As you propably know, love can be about a lot more than sex. But I understand how the signature can be confusing, as "make love" implies having sex. But putting it before "not war" I think the meaning changes a bit.


----------



## PandaCuber (Feb 2, 2012)

I was reading somewhere that in Roman times, it would be weird to NOT be gay.(Homosexual or idk how else its appropriate to say). That most royalty were men that at the end of a party, wanted other men. 
So I assume that somewhere over time, someone said that was wrong? Because now(especially in the past) it was bad to be gay. Like the fact that they cant marry in most places of USA. Not so sure how the rest of the worlds laws are. 

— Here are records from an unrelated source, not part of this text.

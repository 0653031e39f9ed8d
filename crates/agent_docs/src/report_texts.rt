//! Reports as text.
ghost use Rattle.std.specs.Prelude.{◌≡◌, ◌∷◌, ◌++◌, [], map, IfOk, string_bytes};
ghost use Rattle.std.specs.List.{count_by};
ghost use Rattle.serde_json.specs.View.{view as json_view};
ghost use Rattle.serde_json.specs.Written.{compact_text};
ghost use Rattle.pp_values.specs.Words.{reference_text as text_of_reference};
ghost use Rattle.agent_docs.specs.ReportLaws.{ReportsAreToldApart};
ghost use Rattle.agent_docs.specs.ReportText.{status_text, is_noop, is_failed, has_changed, has_failed, was_noop, fault_data, line_object as object_of_line, line_data, report_object as object_of_report, report_data, report_text, first_object as object_of_first, first_data};

use agent_machine::{Report, ReportLine, Status};
use json_documents::{ended, json_text, text_forms};
use pp_values::{Memory, Reference, Text, write_reference};
use serde_json::{Value as Json, json};
use std::alloc::{AllocError, Global};

/// The report as a document: one line of compact JSON, with a line feed at its end. What it counts is counted of its
/// lines.
pub fn write_report(alloc: Global, report: &Report) -> Result<Text, Memory>
    ensures { IfOk result (λ t. t ≡ report_text report.now ++ 10 ∷ []) }
{
    ended(alloc, report_line(alloc, report)?)
}

/// No two reports have one text.
pub fn reports_are_told_apart()
    ensures { ReportsAreToldApart }
{}

/// The same without the line feed.
#[tactic(auto, using(crate::proofs::ReportFloats::report_no_float))]
pub(crate) fn report_line(alloc: Global, report: &Report) -> Result<Text, Memory>
    ensures { IfOk result (λ t. t ≡ report_text report.now) }
{
    let form = report_form(alloc, report)?;
    json_text(alloc, &form)
}

/// The report as JSON.
#[tactic(auto, unfolding(crate::specs::ReportText::report_data))]
pub fn report_form(alloc: Global, report: &Report) -> Result<Json, Memory>
    ensures { IfOk result (λ j. json_view j ≡ report_data report.now) }
{
    let lines = report.lines.as_slice();
    let counts = Counts {
        changed: count_changed(lines),
        failed: count_failed(lines),
        noop: count_noop(lines),
    };
    let lines = Json::Array(line_forms(alloc, lines)?);
    Ok(report_object(alloc, counts, report.node.as_str(), lines)?)
}

/// The line of the report in the first version, which no writer gives.
#[tactic(auto, using(crate::proofs::ReportFloats::first_no_float))]
pub(crate) fn first_line(alloc: Global, report: &Report) -> Result<Text, Memory>
    ensures { IfOk result (λ t. t ≡ compact_text (first_data report.now)) }
{
    let form = first_form(alloc, report)?;
    json_text(alloc, &form)
}

#[tactic(auto, unfolding(crate::specs::ReportText::first_data))]
fn first_form(alloc: Global, report: &Report) -> Result<Json, Memory>
    ensures { IfOk result (λ j. json_view j ≡ first_data report.now) }
{
    let lines = report.lines.as_slice();
    let changed = count_changed(lines);
    let failed = count_failed(lines);
    let lines = Json::Array(line_forms(alloc, lines)?);
    Ok(first_object(alloc, changed, failed, report.node.as_str(), lines)?)
}

#[tactic(auto, unfolding(crate::specs::ReportText::first_object))]
fn first_object(
    alloc: Global,
    changed: usize,
    failed: usize,
    node: &str,
    lines: Json,
) -> Result<Json, AllocError>
    ensures { IfOk result (λ j. json_view j ≡ object_of_first changed failed node.now (json_view lines)) }
{
    json!(in alloc; {
        "changed": changed,
        "failed": failed,
        "node": node,
        "report": 1u32,
        "resources": lines
    })
}

/// How many lines of a report there are of some kinds.
#[derive(Clone, Copy)]
struct Counts {
    changed: usize,
    failed: usize,
    noop: usize,
}

fn count_changed(lines: &[ReportLine]) -> usize
    ensures { result ≡ count_by has_changed lines.now }
{
    lines.iter().filter(|line| has_changed(line)).count()
}

fn count_failed(lines: &[ReportLine]) -> usize
    ensures { result ≡ count_by has_failed lines.now }
{
    lines.iter().filter(|line| is_failed(line.status)).count()
}

fn count_noop(lines: &[ReportLine]) -> usize
    ensures { result ≡ count_by was_noop lines.now }
{
    lines.iter().filter(|line| is_noop(line.status)).count()
}

/// Whether there are changes or a refresh, which were not only looked at.
fn has_changed(line: &ReportLine) -> bool
    ensures { result ≡ has_changed line.now }
{
    !is_noop(line.status) && (line.changes.len() > 0 || line.refreshed)
}

fn is_failed(status: Status) -> bool
    ensures { result ≡ is_failed status }
{
    match status {
        Status::Failed => true,
        Status::Unchanged | Status::Changed | Status::Skipped | Status::Noop => false,
    }
}

pub(crate) fn is_noop(status: Status) -> bool
    ensures { result ≡ is_noop status }
{
    match status {
        Status::Noop => true,
        Status::Unchanged | Status::Changed | Status::Failed | Status::Skipped => false,
    }
}

#[tactic(auto, unfolding(crate::specs::ReportText::report_object))]
fn report_object(alloc: Global, counts: Counts, node: &str, lines: Json) -> Result<Json, AllocError>
    ensures { IfOk result (λ j. json_view j
        ≡ object_of_report counts.changed counts.failed node.now counts.noop (json_view lines)) }
{
    json!(in alloc; {
        "changed": counts.changed,
        "failed": counts.failed,
        "node": node,
        "noop": counts.noop,
        "report": 2u32,
        "resources": lines
    })
}

fn line_forms(alloc: Global, lines: &[ReportLine]) -> Result<Vec<Json>, Memory>
    ensures { IfOk result (λ v. map json_view v.items ≡ map line_data lines.now) }
{
    let mut values = Vec::new(alloc);
    let mut left = lines;
    while let [line, after @ ..] = left {
        values.push(line_form(alloc, line)?)?;
        left = after;
    }
    Ok(values)
}

#[tactic(auto, unfolding(crate::specs::ReportText::line_data))]
fn line_form(alloc: Global, line: &ReportLine) -> Result<Json, Memory>
    ensures { IfOk result (λ j. json_view j ≡ line_data line.now) }
{
    let changes = Json::Array(text_forms(alloc, line.changes.as_slice())?);
    let fault = fault_form(alloc, &line.fault)?;
    let reference = reference_text(alloc, &line.item)?;
    Ok(line_object(
        alloc,
        changes,
        fault,
        reference.as_str(),
        line.refreshed,
        line.status,
    )?)
}

fn fault_form(alloc: Global, fault: &Option<Text>) -> Result<Json, AllocError>
    ensures { IfOk result (λ j. json_view j ≡ fault_data fault.now) }
{
    match fault {
        Some(text) => Json::try_from_str(alloc, text.as_str()),
        None => Ok(Json::Null),
    }
}

fn reference_text(alloc: Global, reference: &Reference) -> Result<Text, Memory>
    ensures { IfOk result (λ t. t ≡ text_of_reference reference.now) }
{
    let mut out = String::new(alloc);
    write_reference(&mut out, reference)?;
    Ok(Text::new(out))
}

#[tactic(auto, unfolding(crate::specs::ReportText::line_object))]
fn line_object(
    alloc: Global,
    changes: Json,
    fault: Json,
    reference: &str,
    refreshed: bool,
    status: Status,
) -> Result<Json, AllocError>
    ensures { IfOk result (λ j. json_view j
        ≡ object_of_line (json_view changes) (json_view fault) reference.now refreshed (status_text status)) }
{
    let status = status_text(status);
    json!(in alloc; {
        "changes": changes,
        "fault": fault,
        "ref": reference,
        "refreshed": refreshed,
        "status": status
    })
}

fn status_text(status: Status) -> &'static str
    ensures { result.now ≡ status_text status }
{
    match status {
        Status::Unchanged => "unchanged",
        Status::Changed => "changed",
        Status::Failed => "failed",
        Status::Skipped => "skipped",
        Status::Noop => "noop",
    }
}
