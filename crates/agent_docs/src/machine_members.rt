//! The machine that a JSON value says, as in a bundle.
ghost use Rattle.std.specs.Prelude.{[], codes, IfOk, IsTrue};
ghost use Rattle.pp_values.specs.Plain.{is_plain_value};
ghost use Rattle.pp_values.specs.Views.{view as value_view};
ghost use Rattle.serde_json.specs.Find.{get};
ghost use Rattle.serde_json.specs.View.{view, items_view, members_view};
ghost use Rattle.agent_docs.specs.MachineMembers.{failing_text, texts_from, all_failing, given_failing, property_value, with_property, with_properties, all_properties, with_record, with_records, all_records, given_state, members_said, machine_said, Says, SaysAs};

use crate::machine_stop::MachineStop;
use crate::refusing::{bad_failing, bad_path, bad_property, bad_record};
use agent_machine::{FailingTexts, MachineDoc, Properties, States};
use json_values::{FormStop, from_form};
use pp_values::{Text, Texts, Value};
use serde_json::{Map, Value as Json};
use std::alloc::Global;

/// The machine that this JSON says, in any spelling, or the path of the first thing that is wrong with it, as
/// `machine.failing.2` or `machine.state.File[/a].mode`.
pub fn machine_of(alloc: Global, machine: &Json) -> Result<MachineDoc, MachineStop>
    ensures { Says result (machine_said (view machine.now)) }
{
    if machine.as_object().is_some() {
        members_said(alloc, machine)
    } else {
        Err(bad_path(alloc, "machine"))
    }
}

#[tactic(auto, unfolding(crate::specs::MachineMembers::members_said))]
fn members_said(alloc: Global, machine: &Json) -> Result<MachineDoc, MachineStop>
    ensures { Says result (members_said (view machine.now)) }
{
    let failing = given_failing(alloc, machine)?;
    let state = given_state(alloc, machine)?;
    Ok(MachineDoc { failing, state })
}

fn given_failing(alloc: Global, machine: &Json) -> Result<FailingTexts, MachineStop>
    ensures { Says result (given_failing (get (codes "failing") (view machine.now))) }
{
    match machine.get("failing") {
        Some(failing) => all_failing(alloc, failing),
        None => Ok(FailingTexts::new(alloc)),
    }
}

fn all_failing(alloc: Global, failing: &Json) -> Result<FailingTexts, MachineStop>
    ensures { Says result (all_failing (view failing.now)) }
{
    match failing.as_array() {
        Some(items) => {
            let texts = texts_among(alloc, items)?;
            Ok(FailingTexts::from_texts(alloc, texts)?)
        }
        None => Err(bad_path(alloc, "machine.failing")),
    }
}

fn texts_among(alloc: Global, items: &[Json]) -> Result<Texts, MachineStop>
    ensures { Says result (texts_from [] (items_view items.now)) }
{
    let mut found = Texts::new(alloc);
    let mut left = items;
    while let [item, after @ ..] = left {
        let text = failing_text(alloc, found.len(), item)?;
        found.push(text)?;
        left = after;
    }
    Ok(found)
}

fn failing_text(alloc: Global, index: usize, item: &Json) -> Result<Text, MachineStop>
    ensures { Says result (failing_text index (view item.now)) }
{
    match item.as_str() {
        Some(text) => Ok(Text::from_str(alloc, text)?),
        None => Err(bad_failing(alloc, index)),
    }
}

fn given_state(alloc: Global, machine: &Json) -> Result<States, MachineStop>
    ensures { Says result (given_state (get (codes "state") (view machine.now))) }
{
    match machine.get("state") {
        Some(state) => all_records(alloc, state),
        None => Ok(States::new(alloc)),
    }
}

fn all_records(alloc: Global, state: &Json) -> Result<States, MachineStop>
    ensures { Says result (all_records (view state.now)) }
{
    match state.as_object() {
        Some(members) => records_among(alloc, members),
        None => Err(bad_path(alloc, "machine.state")),
    }
}

fn records_among(alloc: Global, members: &Map<String, Json>) -> Result<States, MachineStop>
    ensures { Says result (with_records (members_view members.now.entries) []) }
{
    let mut state = States::new(alloc);
    for (key, properties) in members {
        put_record(alloc, key.as_str(), properties, &mut state)?;
    }
    Ok(state)
}

fn put_record(
    alloc: Global,
    key: &str,
    properties: &Json,
    state: &mut States,
) -> Result<(), MachineStop>
    ensures { SaysAs (λ done. state.new) result (with_record state.old key.now (view properties.now)) }
{
    let properties = all_properties(alloc, key, properties)?;
    let text = Text::from_str(alloc, key)?;
    state.put(text, properties)?;
    Ok(())
}

fn all_properties(alloc: Global, key: &str, properties: &Json) -> Result<Properties, MachineStop>
    ensures { Says result (all_properties key.now (view properties.now)) }
{
    match properties.as_object() {
        Some(members) => properties_among(alloc, key, members),
        None => Err(bad_record(alloc, key)),
    }
}

fn properties_among(
    alloc: Global,
    key: &str,
    members: &Map<String, Json>,
) -> Result<Properties, MachineStop>
    ensures { Says result (with_properties key.now (members_view members.now.entries) []) }
{
    let mut properties = Properties::new(alloc);
    for (name, value) in members {
        put_property(alloc, key, name.as_str(), value, &mut properties)?;
    }
    Ok(properties)
}

fn put_property(
    alloc: Global,
    key: &str,
    name: &str,
    value: &Json,
    properties: &mut Properties,
) -> Result<(), MachineStop>
    ensures { SaysAs (λ done. properties.new) result (with_property key.now properties.old name.now (view value.now)) }
{
    let value = property_value(alloc, key, name, value)?;
    let name = Text::from_str(alloc, name)?;
    properties.put(name, value)?;
    Ok(())
}

#[tactic(auto, using(json_documents::proofs::ReadForms::read_is_plain))]
fn property_value(alloc: Global, key: &str, name: &str, value: &Json) -> Result<Value, MachineStop>
    ensures value { SaysAs value_view result (property_value key.now name.now (view value.now)) }
    ensures plain { IfOk result (λ v. IsTrue (is_plain_value (value_view v))) }
{
    match from_form(alloc, value) {
        Ok(value) => Ok(value),
        Err(FormStop::NoForm) => Err(bad_property(alloc, key, name)),
        Err(FormStop::Memory) => Err(MachineStop::Memory),
    }
}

I can say I have thought about it.. Everyone asks them self(besides people that already know), Am i Gay? Could i be gay? 
Well im not . I just cant see myself doing that. 
The farthest I can get to gay is a bromance. Thats about it. 

I hope i stayed on topic.


----------



## Bapao (Feb 2, 2012)

BrainOfSweden said:


> As you propably know, love can be about a lot more than sex. But I understand how the signature can be confusing, as "make love" implies having sex. But putting it before "not war" I think the meaning changes a bit.


 
Yeah, but the phrase stems from the "sexual revolution" that occured during the 60s. Its current interpretation can be versatile though, that's true. I tend to think of the old defenition when I see it used .


----------



## Cheese11 (Feb 2, 2012)

emolover said:


> I hope your kidding.
> 
> Many species of animals have sex with each other regardless of gender. They are animals and so are we.


 
I would have to disagree on this one.


----------



## Cheese11 (Feb 2, 2012)

Ezy Ryder said:


> 16, wanting/trying to believe in Christian God.
> I've searched this thread and found only a few words about it. Do You consider asexuality a sexual orientation? Or maybe a disorder/illness?
> Ps.: Some cubers claimed being heterosexual, some homosexual and some bisexual, are there any asexual cubers? I doubt I'm the only one.
> Ps2.: I hope You won't consider me too young to post in this thread, though if You will, I'll just delete this post.


 
Asexual means that you don't need a partner to have baby's...


----------



## Sahid Velji (Feb 2, 2012)

Cheese11 said:


> Asexual means that you don't need a partner to have baby's...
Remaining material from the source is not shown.